(Stored data entries)
★ ★ ★
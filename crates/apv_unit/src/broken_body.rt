//! Why the body of a PBU isn't sound.
ghost use Rattle.std.specs.Prelude.{◌≡◌};
ghost use Rattle.apv_base.specs.declared.rules.HeadEnd.TheVariants.{Rule as breaks};

use apv_base::{HeadEnd, Rule, TileBreak};

/// Why a body isn't sound, and the number of the tile in its frame, counted from 0, which is 0 outside of tiles.
#[derive(Clone, Copy, Debug)]
pub struct BodyBreak {
    pub tile: u32,
    pub end: HeadEnd,
}

/// A rule that is broken in a tile.
pub fn inside(broken: TileBreak) -> BodyBreak
    ensures { result ≡ record { tile = broken.tile; end = breaks broken.rule } }
{
    BodyBreak {
        tile: broken.tile,
        end: HeadEnd::Rule(broken.rule),
    }
}

/// A rule that is broken outside of tiles.
pub fn outside(rule: Rule) -> BodyBreak
    ensures { result ≡ record { tile = 0; end = breaks rule } }
{
    BodyBreak {
        tile: 0,
        end: HeadEnd::Rule(rule),
    }
}
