//! Access units and the primitive bitstream units (PBUs) in them.
#![tactic(auto)]

mod au_info;
mod body;
mod broken_body;
mod filler;
mod frame;
mod kinds;
mod metadata;
mod pbu;
mod pbus;
mod strict_pass;
mod structure_pass;
mod write;

pub use apv_base::UnitEnd;
pub use au_info::{AuEntry, au_count, au_entry, put_au_info};
pub use filler::put_filler;
pub use kinds::{AU_INFO, FILLER, METADATA, is_frame};
pub use metadata::{metadata_payloads, payload_list, pbu_payloads};
pub use pbu::{Pbu, next_pbu};
pub use pbus::{Pbus, SoundPbu};
pub use strict_pass::strict;
pub use structure_pass::{check_unit, structure};
pub use write::put_pbu_header;

#[cfg(test)]
mod strict_tests;
#[cfg(test)]
mod tests;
★ ★ ★
* **WHAT IS NEEDED**
Reproduce, word for word and in full, only the lines above that start at the line with "PBU isn't sound." and run through the line with "pub fn outside(rule: Rule) -> BodyBreak", both ends included.

* **THE ANSWER**
//! Why the body of a PBU isn't sound.
ghost use Rattle.std.specs.Prelude.{◌≡◌};
ghost use Rattle.apv_base.specs.declared.rules.HeadEnd.TheVariants.{Rule as breaks};

use apv_base::{HeadEnd, Rule, TileBreak};

/// Why a body isn't sound, and the number of the tile in its frame, counted from 0, which is 0 outside of tiles.
#[derive(Clone, Copy, Debug)]
pub struct BodyBreak {
    pub tile: u32,
    pub end: HeadEnd,
}

/// A rule that is broken in a tile.
pub fn inside(broken: TileBreak) -> BodyBreak
    ensures { result ≡ record { tile = broken.tile; end = breaks broken.rule } }
{
    BodyBreak {
        tile: broken.tile,
        end: HeadEnd::Rule(broken.rule),
    }
}

/// A rule that is broken outside of tiles.
pub fn outside(rule: Rule) -> BodyBreak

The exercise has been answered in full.